To prepare for coding by the research team, an initial standard was set by applying these codes to a set of 39 episodes. Episodes
could be coded with multiple codes. To measure inter-rater reliability, all researchers coded the identified episodes, and a pooled
kappa (De Vries, Elliott, Kanouse, & Teleki, 2008) was calculated to measure reviewers’ agreement with the standard. A pooled
kappa greater than 0.75 (criterion for excellent clinical significance per Cicchetti (1994)) was chosen as a minimum requirement
for agreement. After a training period, reviewers’ pooled kappa exceeded 0.75 (minimum of 0.79). With inter-rater reliability
established, transcripts were distributed, and two researchers independently coded each transcript, using the ’’Dedoose’’ (2018)
application. Across all transcripts, the two reviewers agreed on all codes applied to 87.8% of the episodes (567 of 646 episodes
coded). For the remaining episodes, agreement was established through team discussion. Illustrative examples were selected for
use in this paper.

165
J. Confrey et al. International Journal of Educational Research 92 (2018) 158–172

4.3. Results

We present results relating to each research question, describing the relevant components of the theory of action for each
question. Specific examples are categorized according to the components of the theory of action (Table 3).

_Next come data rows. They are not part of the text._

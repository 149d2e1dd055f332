// Job sheets over C. A slice is a pointer and the number of its elements; an answer is the refusal's number, 0 for accepted, and a value
// goes out through a reference. A double that is read goes out by its bits, so that a NaN keeps its own.
#![tactic(auto)]

mod jobs;
mod records;
mod writes;
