// A whole sheet read into lists.
ghost use Rattle.export_sheets.specs.Jobs.{TellsJob, Told};

use job_sheet_lists::{SheetJob, sheet_job};
use refusals::Refusal;

// The numbers of a sheet through references; where it is refused, all keep what they held.
fn tell_job(
    answer: Result<SheetJob, Refusal>,
    n: &mut usize,
    floor: &mut usize,
    edges: &mut usize,
    pairs: &mut usize,
    n_betas: &mut usize,
) -> usize
    ensures { TellsJob answer result n.old n.new floor.old floor.new edges.old edges.new
        pairs.old pairs.new n_betas.old n_betas.new }
{
    match answer {
        Ok(job) => {
            *n = job.n;
            *floor = job.floor;
            *edges = job.edges;
            *pairs = job.pairs;
            *n_betas = job.betas;
            0
        }
        Err(refusal) => refusal.number(),
    }
}

// As `job_sheet_lists::sheet_job`, its numbers through references, which keep what they held where the call is refused.
#[unsafe(no_mangle)]
pub extern "C" fn copperhook_sheet_job(
    sheet: &[u8],
    n: &mut usize,
    floor: &mut usize,
    a: &mut [usize],
    b: &mut [usize],
    m: &mut [u64],
    us: &mut [usize],
    vs: &mut [usize],
    betas: &mut [u64],
    edges: &mut usize,
    pairs: &mut usize,
    n_betas: &mut usize,
) -> usize
    ensures { Told sheet.now result n.old n.new floor.old floor.new
        a.old a.new b.old b.new m.old m.new us.old us.new
        vs.old vs.new betas.old betas.new edges.old edges.new
        pairs.old pairs.new n_betas.old n_betas.new }
{
    let job = sheet_job(sheet, a, b, m, betas, us, vs);
    tell_job(job, n, floor, edges, pairs, n_betas)
}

4.3.1. Research Question 1: how do teachers review the data from the heatmaps and use student reports to make adjustments in their
instruction?
4.3.1.1. Data Sources. Teachers differed in their facility with and proclivity towards use of M-M. Two teachers did not share the data
representations of student reports or a heatmap, and only reviewed the assessment items one after the other, mirroring the conduct of
a traditional test review.
This contrasted with other teachers who carefully demonstrated the features of the tool and communicated their purpose to
students before interpreting the data. For example, during year 1, when T2 introduced an anonymized version of her class’s heatmap
for the first time, she told the class how to read the data display, and discussed how to interpret the map’s color-coding:
T2: Now, the white spaces on my report mean you didn’t have that question, because we didn’t all have the same question. So, if
there’s a white space, it means you didn’t have a question there. And… each one of these columns is an individual student.
She asked which color they thought stood out the most. The students replied in unison, “Yellow.”5She asked them if the “yellow
popping out” was a “good thing,” and the students replied in the negative. This orientation towards data would be expected in a
“performance setting” where a teacher reports on how well the material was learned. However, she moved from evaluating to
interpreting the data, using “we” repeatedly to identify the whole class with the heatmap results.
In year 2, after the M-M Practice feature became available, she and her class discussed the heatmap data from their recent test on
“Key Percent Relationships” and asked: “Which construct would you say would be the first one we need to practice?” They replied,
“Construct C,” which had more orange (Fig. 5). The teacher used the features of the heatmaps to guide her instruction.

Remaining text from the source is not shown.